(Dataset excerpts)
=== Begin Enclosure ===

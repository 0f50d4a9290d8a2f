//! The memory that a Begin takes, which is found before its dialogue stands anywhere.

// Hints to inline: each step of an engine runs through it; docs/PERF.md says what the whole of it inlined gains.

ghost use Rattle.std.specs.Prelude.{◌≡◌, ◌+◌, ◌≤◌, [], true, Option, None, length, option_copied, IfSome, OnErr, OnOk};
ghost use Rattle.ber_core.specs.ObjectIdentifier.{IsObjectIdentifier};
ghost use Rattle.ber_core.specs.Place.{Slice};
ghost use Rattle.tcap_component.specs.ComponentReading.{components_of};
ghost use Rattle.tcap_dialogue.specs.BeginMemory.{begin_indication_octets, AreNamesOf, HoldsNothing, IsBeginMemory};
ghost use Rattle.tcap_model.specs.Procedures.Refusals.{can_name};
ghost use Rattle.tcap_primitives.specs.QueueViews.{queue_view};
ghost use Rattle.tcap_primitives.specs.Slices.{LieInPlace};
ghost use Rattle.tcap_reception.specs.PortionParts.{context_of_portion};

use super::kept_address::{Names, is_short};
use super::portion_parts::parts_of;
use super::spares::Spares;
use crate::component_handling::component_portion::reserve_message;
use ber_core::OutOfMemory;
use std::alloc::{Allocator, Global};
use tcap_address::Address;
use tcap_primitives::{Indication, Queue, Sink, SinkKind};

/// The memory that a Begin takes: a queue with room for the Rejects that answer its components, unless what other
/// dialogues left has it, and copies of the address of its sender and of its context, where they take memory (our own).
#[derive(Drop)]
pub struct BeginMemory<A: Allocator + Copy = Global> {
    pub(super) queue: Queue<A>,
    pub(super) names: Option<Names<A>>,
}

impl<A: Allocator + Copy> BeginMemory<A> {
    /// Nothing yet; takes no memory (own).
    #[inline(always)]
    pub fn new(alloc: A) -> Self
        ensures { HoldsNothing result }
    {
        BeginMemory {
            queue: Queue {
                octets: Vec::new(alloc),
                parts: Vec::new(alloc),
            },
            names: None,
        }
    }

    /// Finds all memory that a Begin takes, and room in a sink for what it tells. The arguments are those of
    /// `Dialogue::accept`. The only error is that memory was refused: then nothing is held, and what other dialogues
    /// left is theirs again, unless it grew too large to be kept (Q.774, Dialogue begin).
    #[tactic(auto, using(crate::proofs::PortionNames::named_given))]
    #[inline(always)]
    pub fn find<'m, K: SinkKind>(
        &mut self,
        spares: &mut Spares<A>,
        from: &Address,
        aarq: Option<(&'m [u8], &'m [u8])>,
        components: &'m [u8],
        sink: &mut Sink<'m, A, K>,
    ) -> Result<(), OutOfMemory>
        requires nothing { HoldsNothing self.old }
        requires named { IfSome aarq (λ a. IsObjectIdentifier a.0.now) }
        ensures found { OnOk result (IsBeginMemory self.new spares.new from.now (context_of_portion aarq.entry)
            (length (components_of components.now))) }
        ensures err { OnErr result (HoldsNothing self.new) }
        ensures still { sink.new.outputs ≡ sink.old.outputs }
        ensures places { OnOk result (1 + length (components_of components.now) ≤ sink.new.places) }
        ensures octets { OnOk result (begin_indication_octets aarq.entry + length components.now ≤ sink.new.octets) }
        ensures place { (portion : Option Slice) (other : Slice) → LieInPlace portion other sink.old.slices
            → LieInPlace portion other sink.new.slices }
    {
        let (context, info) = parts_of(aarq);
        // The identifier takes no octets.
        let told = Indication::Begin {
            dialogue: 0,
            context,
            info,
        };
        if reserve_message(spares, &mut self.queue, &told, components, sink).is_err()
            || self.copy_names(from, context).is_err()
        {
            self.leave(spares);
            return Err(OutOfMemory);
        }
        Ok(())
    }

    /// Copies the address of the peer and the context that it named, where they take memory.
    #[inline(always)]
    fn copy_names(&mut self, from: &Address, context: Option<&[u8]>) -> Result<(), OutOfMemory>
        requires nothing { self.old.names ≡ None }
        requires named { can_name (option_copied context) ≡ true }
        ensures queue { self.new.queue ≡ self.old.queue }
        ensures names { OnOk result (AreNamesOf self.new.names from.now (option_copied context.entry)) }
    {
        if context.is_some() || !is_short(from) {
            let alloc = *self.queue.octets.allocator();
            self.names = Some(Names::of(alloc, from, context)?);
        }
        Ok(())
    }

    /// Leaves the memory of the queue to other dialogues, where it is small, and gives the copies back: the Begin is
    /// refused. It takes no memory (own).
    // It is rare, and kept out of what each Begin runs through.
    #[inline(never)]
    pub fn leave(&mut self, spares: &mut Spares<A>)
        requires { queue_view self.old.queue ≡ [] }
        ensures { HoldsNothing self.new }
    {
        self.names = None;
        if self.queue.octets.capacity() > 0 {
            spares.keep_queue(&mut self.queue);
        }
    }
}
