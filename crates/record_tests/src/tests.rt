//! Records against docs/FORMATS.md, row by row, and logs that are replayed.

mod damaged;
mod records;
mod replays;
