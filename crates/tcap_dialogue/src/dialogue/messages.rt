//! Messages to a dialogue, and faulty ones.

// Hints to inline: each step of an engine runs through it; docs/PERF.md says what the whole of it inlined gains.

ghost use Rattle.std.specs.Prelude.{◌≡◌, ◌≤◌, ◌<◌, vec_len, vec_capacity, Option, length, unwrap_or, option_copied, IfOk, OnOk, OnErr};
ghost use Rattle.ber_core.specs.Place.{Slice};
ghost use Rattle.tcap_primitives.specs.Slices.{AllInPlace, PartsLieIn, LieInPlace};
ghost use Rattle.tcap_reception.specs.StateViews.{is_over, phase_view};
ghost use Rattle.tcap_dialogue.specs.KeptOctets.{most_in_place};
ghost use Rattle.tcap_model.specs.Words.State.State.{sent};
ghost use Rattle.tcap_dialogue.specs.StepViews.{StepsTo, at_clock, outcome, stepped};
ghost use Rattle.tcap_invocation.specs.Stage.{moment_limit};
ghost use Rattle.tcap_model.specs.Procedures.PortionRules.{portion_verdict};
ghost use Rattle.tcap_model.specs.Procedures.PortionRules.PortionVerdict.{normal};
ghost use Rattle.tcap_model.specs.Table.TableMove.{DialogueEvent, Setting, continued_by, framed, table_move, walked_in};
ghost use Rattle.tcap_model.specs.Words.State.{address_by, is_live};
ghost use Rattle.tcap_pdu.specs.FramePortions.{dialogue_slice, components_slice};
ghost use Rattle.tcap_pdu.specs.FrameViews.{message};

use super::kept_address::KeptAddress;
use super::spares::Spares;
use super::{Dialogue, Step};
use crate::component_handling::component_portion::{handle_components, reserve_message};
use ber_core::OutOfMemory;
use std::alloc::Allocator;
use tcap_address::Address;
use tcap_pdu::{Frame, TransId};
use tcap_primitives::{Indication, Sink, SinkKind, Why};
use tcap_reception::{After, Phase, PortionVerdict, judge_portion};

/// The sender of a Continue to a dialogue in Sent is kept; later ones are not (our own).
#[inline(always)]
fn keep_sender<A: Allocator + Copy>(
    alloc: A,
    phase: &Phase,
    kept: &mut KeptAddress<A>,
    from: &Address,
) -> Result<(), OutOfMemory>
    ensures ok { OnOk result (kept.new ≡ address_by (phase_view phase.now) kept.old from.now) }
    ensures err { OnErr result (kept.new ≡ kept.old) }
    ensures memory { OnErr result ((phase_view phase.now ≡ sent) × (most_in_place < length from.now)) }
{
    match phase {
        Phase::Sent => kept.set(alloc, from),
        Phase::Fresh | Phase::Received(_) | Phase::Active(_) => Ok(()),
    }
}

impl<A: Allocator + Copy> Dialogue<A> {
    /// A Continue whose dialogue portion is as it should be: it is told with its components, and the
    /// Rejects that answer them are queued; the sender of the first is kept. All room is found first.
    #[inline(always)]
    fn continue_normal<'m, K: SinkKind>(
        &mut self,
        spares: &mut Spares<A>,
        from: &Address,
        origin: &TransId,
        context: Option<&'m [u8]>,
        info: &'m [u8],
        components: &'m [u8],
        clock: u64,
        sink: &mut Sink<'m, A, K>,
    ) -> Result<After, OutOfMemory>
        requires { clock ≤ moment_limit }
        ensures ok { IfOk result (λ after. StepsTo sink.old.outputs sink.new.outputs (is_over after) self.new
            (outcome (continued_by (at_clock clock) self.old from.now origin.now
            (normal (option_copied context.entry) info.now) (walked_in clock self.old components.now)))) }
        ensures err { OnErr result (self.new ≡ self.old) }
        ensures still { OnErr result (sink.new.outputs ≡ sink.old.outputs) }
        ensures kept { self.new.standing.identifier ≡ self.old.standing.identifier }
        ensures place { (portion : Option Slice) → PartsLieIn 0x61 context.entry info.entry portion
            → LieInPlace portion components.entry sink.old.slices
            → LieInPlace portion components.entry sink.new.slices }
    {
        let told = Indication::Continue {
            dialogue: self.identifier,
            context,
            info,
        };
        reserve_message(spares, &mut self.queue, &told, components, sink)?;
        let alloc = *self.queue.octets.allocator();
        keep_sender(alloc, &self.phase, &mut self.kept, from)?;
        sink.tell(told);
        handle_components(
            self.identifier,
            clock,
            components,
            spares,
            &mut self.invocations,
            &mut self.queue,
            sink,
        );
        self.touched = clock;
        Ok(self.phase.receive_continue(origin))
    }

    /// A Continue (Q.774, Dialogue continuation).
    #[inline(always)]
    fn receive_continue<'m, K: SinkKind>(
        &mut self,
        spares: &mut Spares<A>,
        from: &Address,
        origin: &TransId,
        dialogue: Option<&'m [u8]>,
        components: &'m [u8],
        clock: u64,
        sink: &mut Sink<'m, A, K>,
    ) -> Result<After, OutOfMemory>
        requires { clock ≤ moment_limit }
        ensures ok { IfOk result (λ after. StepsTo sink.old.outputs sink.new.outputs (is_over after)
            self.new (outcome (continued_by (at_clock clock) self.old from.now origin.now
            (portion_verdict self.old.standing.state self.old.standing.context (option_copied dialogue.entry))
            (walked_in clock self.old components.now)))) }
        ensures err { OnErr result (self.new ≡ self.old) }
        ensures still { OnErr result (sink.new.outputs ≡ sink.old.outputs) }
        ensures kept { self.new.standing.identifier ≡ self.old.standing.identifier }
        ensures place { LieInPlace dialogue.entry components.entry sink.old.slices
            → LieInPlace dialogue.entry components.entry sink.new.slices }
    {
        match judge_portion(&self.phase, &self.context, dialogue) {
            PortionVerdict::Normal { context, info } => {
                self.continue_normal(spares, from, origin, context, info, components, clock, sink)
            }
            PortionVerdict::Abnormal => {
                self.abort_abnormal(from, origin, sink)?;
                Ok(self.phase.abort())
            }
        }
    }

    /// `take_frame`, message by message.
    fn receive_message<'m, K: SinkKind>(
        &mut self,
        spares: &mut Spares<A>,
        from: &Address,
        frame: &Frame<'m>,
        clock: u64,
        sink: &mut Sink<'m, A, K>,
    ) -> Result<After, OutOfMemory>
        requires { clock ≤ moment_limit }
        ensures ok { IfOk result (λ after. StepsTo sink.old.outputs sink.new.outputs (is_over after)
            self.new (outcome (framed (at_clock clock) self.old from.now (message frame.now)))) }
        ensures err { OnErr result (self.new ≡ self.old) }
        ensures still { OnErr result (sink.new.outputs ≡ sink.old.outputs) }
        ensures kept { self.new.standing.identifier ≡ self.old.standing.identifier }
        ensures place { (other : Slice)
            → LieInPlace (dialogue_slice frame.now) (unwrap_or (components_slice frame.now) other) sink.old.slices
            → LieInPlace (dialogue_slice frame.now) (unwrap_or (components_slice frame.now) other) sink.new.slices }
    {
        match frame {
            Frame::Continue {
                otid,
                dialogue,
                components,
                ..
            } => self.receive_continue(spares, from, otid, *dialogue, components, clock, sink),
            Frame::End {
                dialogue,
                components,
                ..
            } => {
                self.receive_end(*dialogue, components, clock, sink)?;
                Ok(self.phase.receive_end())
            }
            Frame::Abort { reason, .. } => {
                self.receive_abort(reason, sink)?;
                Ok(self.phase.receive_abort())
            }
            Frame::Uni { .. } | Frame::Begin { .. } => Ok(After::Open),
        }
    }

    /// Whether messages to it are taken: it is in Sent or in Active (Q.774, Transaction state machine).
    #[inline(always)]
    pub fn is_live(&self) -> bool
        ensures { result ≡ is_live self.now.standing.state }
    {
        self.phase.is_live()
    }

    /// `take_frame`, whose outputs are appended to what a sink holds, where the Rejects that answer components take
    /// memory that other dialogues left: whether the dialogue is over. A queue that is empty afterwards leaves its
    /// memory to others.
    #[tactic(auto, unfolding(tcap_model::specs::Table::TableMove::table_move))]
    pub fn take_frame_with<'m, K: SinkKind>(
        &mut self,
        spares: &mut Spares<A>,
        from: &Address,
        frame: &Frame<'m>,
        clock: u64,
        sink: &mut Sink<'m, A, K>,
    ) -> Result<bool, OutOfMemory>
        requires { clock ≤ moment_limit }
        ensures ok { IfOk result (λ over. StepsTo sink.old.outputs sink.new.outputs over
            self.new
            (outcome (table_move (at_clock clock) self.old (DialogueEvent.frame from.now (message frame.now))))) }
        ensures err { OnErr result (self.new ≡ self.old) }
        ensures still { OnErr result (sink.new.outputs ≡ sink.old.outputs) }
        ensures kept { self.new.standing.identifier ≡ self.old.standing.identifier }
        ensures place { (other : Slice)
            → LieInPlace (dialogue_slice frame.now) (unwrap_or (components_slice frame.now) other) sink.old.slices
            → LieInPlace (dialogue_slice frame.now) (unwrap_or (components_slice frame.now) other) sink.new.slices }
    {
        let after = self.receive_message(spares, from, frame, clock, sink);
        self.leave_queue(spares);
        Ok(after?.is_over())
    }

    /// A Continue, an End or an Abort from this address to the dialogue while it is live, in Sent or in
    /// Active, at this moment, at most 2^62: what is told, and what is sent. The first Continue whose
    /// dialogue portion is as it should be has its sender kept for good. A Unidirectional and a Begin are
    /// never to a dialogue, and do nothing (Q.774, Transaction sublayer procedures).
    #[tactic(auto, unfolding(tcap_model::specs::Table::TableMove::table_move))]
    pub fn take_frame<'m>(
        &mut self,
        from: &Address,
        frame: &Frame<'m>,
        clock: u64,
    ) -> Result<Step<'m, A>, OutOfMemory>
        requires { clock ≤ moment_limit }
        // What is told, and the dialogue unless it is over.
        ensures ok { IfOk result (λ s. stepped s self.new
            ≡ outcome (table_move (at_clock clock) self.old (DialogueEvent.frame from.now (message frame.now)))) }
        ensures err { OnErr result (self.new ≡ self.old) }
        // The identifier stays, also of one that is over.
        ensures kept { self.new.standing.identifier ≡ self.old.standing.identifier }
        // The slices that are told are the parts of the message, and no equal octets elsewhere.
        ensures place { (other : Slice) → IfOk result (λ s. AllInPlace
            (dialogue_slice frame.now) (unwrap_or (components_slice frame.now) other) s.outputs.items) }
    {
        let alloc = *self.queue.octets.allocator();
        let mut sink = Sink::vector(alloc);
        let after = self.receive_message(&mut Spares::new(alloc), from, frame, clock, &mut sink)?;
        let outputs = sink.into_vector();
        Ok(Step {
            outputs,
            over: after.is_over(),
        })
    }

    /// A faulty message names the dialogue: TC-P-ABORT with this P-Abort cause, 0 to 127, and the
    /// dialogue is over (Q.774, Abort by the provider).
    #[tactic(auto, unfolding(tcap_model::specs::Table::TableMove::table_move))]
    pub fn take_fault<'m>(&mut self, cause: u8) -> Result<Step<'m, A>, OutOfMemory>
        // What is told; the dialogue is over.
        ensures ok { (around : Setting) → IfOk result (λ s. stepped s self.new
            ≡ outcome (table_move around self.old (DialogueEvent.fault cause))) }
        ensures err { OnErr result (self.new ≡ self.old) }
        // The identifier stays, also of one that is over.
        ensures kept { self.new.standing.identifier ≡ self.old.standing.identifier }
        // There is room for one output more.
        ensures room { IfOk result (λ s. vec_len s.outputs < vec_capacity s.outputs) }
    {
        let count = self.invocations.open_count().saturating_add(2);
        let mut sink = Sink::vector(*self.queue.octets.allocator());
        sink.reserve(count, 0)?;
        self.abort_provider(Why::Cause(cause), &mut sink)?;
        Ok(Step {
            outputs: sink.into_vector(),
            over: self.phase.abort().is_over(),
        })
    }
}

=== End Enclosure ===

▶ _TASK TO COMPLETE_
What are the lines above that hold the string "OutOfMemory"? Copy them.

▶ _ANSWER BOX_
use ber_core::OutOfMemory;
    ) -> Result<(), OutOfMemory>
            return Err(OutOfMemory);
    fn copy_names(&mut self, from: &Address, context: Option<&[u8]>) -> Result<(), OutOfMemory>
use ber_core::OutOfMemory;
) -> Result<(), OutOfMemory>
    ) -> Result<After, OutOfMemory>
    ) -> Result<After, OutOfMemory>
    ) -> Result<After, OutOfMemory>
    ) -> Result<bool, OutOfMemory>
    ) -> Result<Step<'m, A>, OutOfMemory>
    pub fn take_fault<'m>(&mut self, cause: u8) -> Result<Step<'m, A>, OutOfMemory>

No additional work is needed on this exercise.